Esta fase 2 conllevó una compra adicional de 130.000 traviesas a 74,7 euros la unidad que volvieron a suministrar tres firmas especializadas del sector: ‘Prefabricados Delta’, ‘Andaluza de Traviesas’ y ‘Traviesas del Norte’ por 13,4 millones de euros. La compra se oficializó en febrero de 2024. Ahora estamos en la fase 3. Una nueva fase que comenzó en noviembre de 2024 con la adquisición por parte de ADIF de 80.000 traviesas para que sustituyan a las que están situadas entre los kilómetros 170 y 228,4 de la vía. El coste ha sido de 8.354.082 euros. Su colocación ha sido un contrato aparte, adjudicado en diciembre de 2024 por 9.584.531 euros.

Los reyes de España estuvieron presentes en el funeral de Estado celebrado en Huelva en honor a las víctimas del accidente de Adamuz.

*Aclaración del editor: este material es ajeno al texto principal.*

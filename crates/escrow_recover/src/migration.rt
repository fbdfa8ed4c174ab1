ghost use Rattle.std.specs.Prelude.{◌≡◌, ◌≢◌, ◌↔◌, false, [], IsTrue, IfOk, IfErr};
ghost use Rattle.sqlite.specs.Held.{state};
ghost use Rattle.sqlite.specs.State.{HasCleanDisk, Survives};
ghost use Rattle.sqlite_trees.specs.Tree.{Trees};
ghost use Rattle.escrow_num.specs.declared.failure.Failure.{Failure as Why};
ghost use Rattle.escrow_num.specs.Refusal.{refusal_for};
ghost use Rattle.escrow_cells.specs.declared.formats.TheConstants.{FORMAT_1};
ghost use Rattle.escrow_cells.specs.Tables.{no_schema};
ghost use Rattle.escrow_rows.specs.Answers.{IsUsable};
ghost use Rattle.escrow_recover.specs.Inside.{WasMigrated};
ghost use Rattle.escrow_recover.specs.Migrated.{HasUnknownFormat, IsMade, IsMigratedFrom};
ghost use Rattle.escrow_recover.specs.Opened.{IsOpened, IsOpening, Stores};
ghost use Rattle.escrow_recover.specs.Stored.{IsNoStore, IsNoFormat1Store, HasFormat, HasFormatBut};
ghost use Rattle.escrow_recover.specs.declared.unverified.Unverified.TheVariants as unverified;

use crate::bare::is_bare;
use crate::format_1::verify_format_1;
use crate::open::{Opened, StoreFault, make_empty, read_store, unopened};
use crate::unverified::Unverified;
use escrow_num::Refusal;
use escrow_rows::RowStore;
use escrow_schema::Catalog;
use sqlite::{Alter, Connection};
use std::alloc::Global;

/// Opens a store, as [`open_store`](crate::open_store) does. Beyond that, it migrates a store of
/// the previous format to the known one, in one transaction. All of it is read and tested first, as
/// a store of the previous format, in which no column has a scale.
///
/// # Errors
///
/// Fails as [`open_store`](crate::open_store) does. If the connection is inside a transaction, it
/// is refused as by the store (60). A database that has the previous format but isn't a store of it
/// is refused as no store (61).
pub fn migrate<S: Alter>(
    alloc: Global,
    connection: Connection<S>,
) -> Result<Opened<S>, StoreFault<S>>
    // The store has these tables, with their numbers of rows, and each row meets its checks. It is
    // what was there, in either format, or an empty one.
    ensures store { IfOk result
        (λ o. HasCleanDisk (state S.Store o.store) → IsOpened (state S.Store o.store) o.catalog) }
    ensures found { IfOk result
        (λ o. IsUsable (state S.Store o.store) → (state S.Store connection).now.schema ≢ no_schema → o.migrated ≡ false
        → (state S.Store o.store).now ≡ (state S.Store connection).now) }
    ensures migrated { IfOk result
        (λ o. HasCleanDisk (state S.Store o.store) → IsTrue o.migrated
        → IsMigratedFrom (state S.Store connection).now (state S.Store o.store) o.catalog) }
    ensures flag { IfOk result
        (λ o. HasCleanDisk (state S.Store o.store)
        → (IsTrue o.migrated ↔ HasFormat FORMAT_1 (state S.Store connection).now)) }
    ensures made { IfOk result
        (λ o. (state S.Store connection).now.schema ≡ no_schema → (o.catalog ≡ [])
        × (HasCleanDisk (state S.Store o.store) → Stores (state S.Store o.store) [] [])) }

    // Why a store isn't opened: 51 or 60 if there was no object. If the store can be used, 61 is
    // returned only if it is no store of either format and names no third one, and 62 only if it
    // names one.
    ensures bare { (state S.Store connection).now.schema ≡ no_schema
        → IfErr result (λ f. (why : Why) × (f.cause ≡ refusal_for why)) }
    ensures foreign { IfErr result
        (λ f. IsUsable (state S.Store f.connection) → f.cause ≡ Refusal.ForeignStore
        → IsNoStore (state S.Store connection).now × IsNoFormat1Store (state S.Store connection).now) }
    ensures version { IfErr result
        (λ f. IsUsable (state S.Store f.connection) → f.cause ≡ Refusal.UnknownVersion
        → HasUnknownFormat (state S.Store connection).now) }
    ensures other { IfErr result
        (λ f. IsUsable (state S.Store f.connection) → f.cause ≡ Refusal.ForeignStore
        → HasUnknownFormat (state S.Store connection).now → ⊥) }
    ensures only { IfErr result (λ f. IsOpening f.cause) }

    // A store that isn't opened and can be used holds what it held.
    ensures kept { IfErr result
        (λ f. IsUsable (state S.Store f.connection)
        → (state S.Store f.connection).now ≡ (state S.Store connection).now) }
    ensures outside { connection.in_transaction ≡ false → IfErr result (λ f. f.connection.in_transaction ≡ false) }

    // If the store is usable, it was before. After a crash the disk has what it might have had
    // before; an empty store, if there was no object; or the tables and rows of a store in the
    // previous format, in the known one.
    ensures usable_opened { IfOk result (λ o. IsUsable (state S.Store o.store) → IsUsable (state S.Store connection)) }
    ensures usable_refused { IfErr result
        (λ f. IsUsable (state S.Store f.connection) → IsUsable (state S.Store connection)) }
    ensures durable_made { IfOk result
        (λ o. HasCleanDisk (state S.Store o.store) → (state S.Store connection).now.schema ≡ no_schema → (trees : Trees)
        → (state S.Store o.store).may_leave trees → trees ≡ (state S.Store o.store).now.trees) }
    ensures durable_migrated { IfOk result
        (λ o. HasCleanDisk (state S.Store o.store) → IsTrue o.migrated → (trees : Trees)
        → (state S.Store o.store).may_leave trees → trees ≡ (state S.Store o.store).now.trees) }
    ensures crash_opened { IfOk result
        (λ o. Survives (state S.Store connection) (state S.Store o.store) (IsMade (state S.Store connection).now)) }
    ensures crash_refused { IfErr result
        (λ f. Survives (state S.Store connection) (state S.Store f.connection)
        (IsMade (state S.Store connection).now)) }
{
    if !connection.is_autocommit() {
        return Err(StoreFault {
            connection,
            cause: Refusal::Store,
        });
    }
    if is_bare(connection.schema()) {
        make_empty(alloc, connection)
    } else {
        migrate_whole(alloc, connection)
    }
}

/// Opens a store that was written before.
fn migrate_whole<S: Alter>(
    alloc: Global,
    connection: Connection<S>,
) -> Result<Opened<S>, StoreFault<S>>
    requires outside { connection.in_transaction ≡ false }
    requires there { (state S.Store connection).now.schema ≢ no_schema }
    ensures store { IfOk result
        (λ o. HasCleanDisk (state S.Store o.store) → IsOpened (state S.Store o.store) o.catalog) }
    ensures found { IfOk result
        (λ o. IsUsable (state S.Store o.store) → o.migrated ≡ false
        → (state S.Store o.store).now ≡ (state S.Store connection).now) }
    ensures migrated { IfOk result
        (λ o. HasCleanDisk (state S.Store o.store) → IsTrue o.migrated
        → IsMigratedFrom (state S.Store connection).now (state S.Store o.store) o.catalog) }
    ensures flag { IfOk result
        (λ o. HasCleanDisk (state S.Store o.store)
        → (IsTrue o.migrated ↔ HasFormat FORMAT_1 (state S.Store connection).now)) }
    ensures foreign { IfErr result
        (λ f. IsUsable (state S.Store f.connection) → f.cause ≡ Refusal.ForeignStore
        → IsNoStore (state S.Store connection).now × IsNoFormat1Store (state S.Store connection).now) }
    ensures version { IfErr result
        (λ f. IsUsable (state S.Store f.connection) → f.cause ≡ Refusal.UnknownVersion
        → HasUnknownFormat (state S.Store connection).now) }
    ensures other { IfErr result
        (λ f. IsUsable (state S.Store f.connection) → f.cause ≡ Refusal.ForeignStore
        → HasUnknownFormat (state S.Store connection).now → ⊥) }
    ensures only { IfErr result (λ f. IsOpening f.cause) }
    ensures kept { IfErr result
        (λ f. IsUsable (state S.Store f.connection)
        → (state S.Store f.connection).now ≡ (state S.Store connection).now) }
    ensures outside { IfErr result (λ f. f.connection.in_transaction ≡ false) }
    ensures usable_opened { IfOk result (λ o. IsUsable (state S.Store o.store) → IsUsable (state S.Store connection)) }
    ensures usable_refused { IfErr result
        (λ f. IsUsable (state S.Store f.connection) → IsUsable (state S.Store connection)) }
    ensures durable_migrated { IfOk result
        (λ o. HasCleanDisk (state S.Store o.store) → IsTrue o.migrated → (trees : Trees)
        → (state S.Store o.store).may_leave trees → trees ≡ (state S.Store o.store).now.trees) }
    ensures crash_opened { IfOk result
        (λ o. Survives (state S.Store connection) (state S.Store o.store) (IsMade (state S.Store connection).now)) }
    ensures crash_refused { IfErr result
        (λ f. Survives (state S.Store connection) (state S.Store f.connection)
        (IsMade (state S.Store connection).now)) }
{
    match read_any(alloc, RowStore::over(connection)) {
        Ok(opened) => Ok(opened),
        Err((store, why)) => Err(unopened(store, why)),
    }
}

/// Opens a store of either format, which has the known one afterwards. If it isn't verified, it is
/// returned with the reason.
fn read_any<S: Alter>(
    alloc: Global,
    store: RowStore<S>,
) -> Result<Opened<S>, (RowStore<S>, Unverified)>
    ensures store { IfOk result
        (λ o. HasCleanDisk (state S.Store o.store) → IsOpened (state S.Store o.store) o.catalog) }
    ensures found { IfOk result
        (λ o. IsUsable (state S.Store o.store) → o.migrated ≡ false
        → (state S.Store o.store).now ≡ (state S.Store store).now) }
    ensures migrated { IfOk result
        (λ o. HasCleanDisk (state S.Store o.store) → IsTrue o.migrated
        → IsMigratedFrom (state S.Store store).now (state S.Store o.store) o.catalog) }
    ensures flag { IfOk result
        (λ o. HasCleanDisk (state S.Store o.store)
        → (IsTrue o.migrated ↔ HasFormat FORMAT_1 (state S.Store store).now)) }
    ensures foreign { IfErr result
        (λ f. IsUsable (state S.Store f.0) → f.1 ≡ unverified.ForeignStore → IsNoStore (state S.Store store).now
        × IsNoFormat1Store (state S.Store store).now) }
    ensures version { IfErr result
        (λ f. IsUsable (state S.Store f.0) → f.1 ≡ unverified.OtherFormat
        → HasUnknownFormat (state S.Store store).now) }
    ensures other { IfErr result
        (λ f. IsUsable (state S.Store f.0) → f.1 ≡ unverified.ForeignStore → HasUnknownFormat (state S.Store store).now
        → ⊥) }
    ensures kept { IfErr result
        (λ f. IsUsable (state S.Store f.0) → (state S.Store f.0).now ≡ (state S.Store store).now) }
    ensures usable_opened { IfOk result (λ o. IsUsable (state S.Store o.store) → IsUsable (state S.Store store)) }
    ensures usable_refused { IfErr result (λ f. IsUsable (state S.Store f.0) → IsUsable (state S.Store store)) }
    ensures durable_migrated { IfOk result
        (λ o. HasCleanDisk (state S.Store o.store) → IsTrue o.migrated → (trees : Trees)
        → (state S.Store o.store).may_leave trees → trees ≡ (state S.Store o.store).now.trees) }
    ensures crash_opened { IfOk result
        (λ o. Survives (state S.Store store) (state S.Store o.store) (IsMade (state S.Store store).now)) }
    ensures crash_refused { IfErr result
        (λ f. Survives (state S.Store store) (state S.Store f.0) (IsMade (state S.Store store).now)) }
{
    match read_store(alloc, store) {
        Ok(opened) => Ok(opened),
        Err((store, Unverified::OtherFormat)) => match read_before(alloc, store) {
            Ok((store, catalog)) => Ok(Opened {
                store,
                catalog,
                migrated: true,
            }),
            Err(refused) => Err(refused),
        },
        Err(refused) => Err(refused),
    }
}

/// Reads a store in the previous format, and migrates it to the known one. If it isn't verified, it
/// is returned with the reason.
fn read_before<S: Alter>(
    alloc: Global,
    mut store: RowStore<S>,
) -> Result<(RowStore<S>, Catalog), (RowStore<S>, Unverified)>
    ensures store { IfOk result (λ o. HasCleanDisk (state S.Store o.0) → IsOpened (state S.Store o.0) o.1) }
    ensures migrated { IfOk result
        (λ o. HasCleanDisk (state S.Store o.0) → IsMigratedFrom (state S.Store store).now (state S.Store o.0) o.1) }
    ensures foreign { IfErr result
        (λ f. IsUsable (state S.Store f.0) → f.1 ≡ unverified.ForeignStore
        → IsNoFormat1Store (state S.Store store).now) }
    ensures version { IfErr result
        (λ f. IsUsable (state S.Store f.0) → f.1 ≡ unverified.OtherFormat
        → HasFormatBut FORMAT_1 (state S.Store store).now) }
    ensures other { IfErr result
        (λ f. IsUsable (state S.Store f.0) → f.1 ≡ unverified.ForeignStore
        → HasFormatBut FORMAT_1 (state S.Store store).now → ⊥) }
    ensures kept { IfErr result
        (λ f. IsUsable (state S.Store f.0) → (state S.Store f.0).now ≡ (state S.Store store).now) }
    ensures usable_opened { IfOk result (λ o. IsUsable (state S.Store o.0) → IsUsable (state S.Store store)) }
    ensures usable_refused { IfErr result (λ f. IsUsable (state S.Store f.0) → IsUsable (state S.Store store)) }
    ensures durable { IfOk result
        (λ o. HasCleanDisk (state S.Store o.0) → (trees : Trees) → (state S.Store o.0).may_leave trees
        → trees ≡ (state S.Store o.0).now.trees) }
    ensures crash_opened { IfOk result
        (λ o. Survives (state S.Store store) (state S.Store o.0) (WasMigrated (state S.Store store))) }
    ensures crash_refused { IfErr result
        (λ f. Survives (state S.Store store) (state S.Store f.0) (WasMigrated (state S.Store store))) }
{
    let catalog = match verify_format_1(alloc, &mut store) {
        Ok(catalog) => catalog,
        Err(why) => return Err((store, why)),
    };
    match store.migrate() {
        Ok(()) => Ok((store, catalog)),
        Err(failure) => Err((store, Unverified::Failed(failure))),
    }
}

El objetivo de esta tercera fase es colocar 73.333 traviesas. Aquí ADIF habla de nuevo que todas ellas son “defectuosas”. En estas tres fases el gestor ferroviario ya ha invertido 83,3 millones de euros entre compra de material y ejecución de los trabajos. Desde el ministerio de Transportes se dan otras cifras distintas a las de los pliegos. En la primera fase ya se han sustituido más de 71.000 traviesas, y ahora se está llevando a cabo la segunda fase para cambiar otras 123.732. No han empezado las fases tres y cuatro, que contemplan respectivamente la colocación de 73.000 y de 290.000 nuevas traviesas, 636.000 en total. Por lo que quedarían todavía 363.000 por renovar.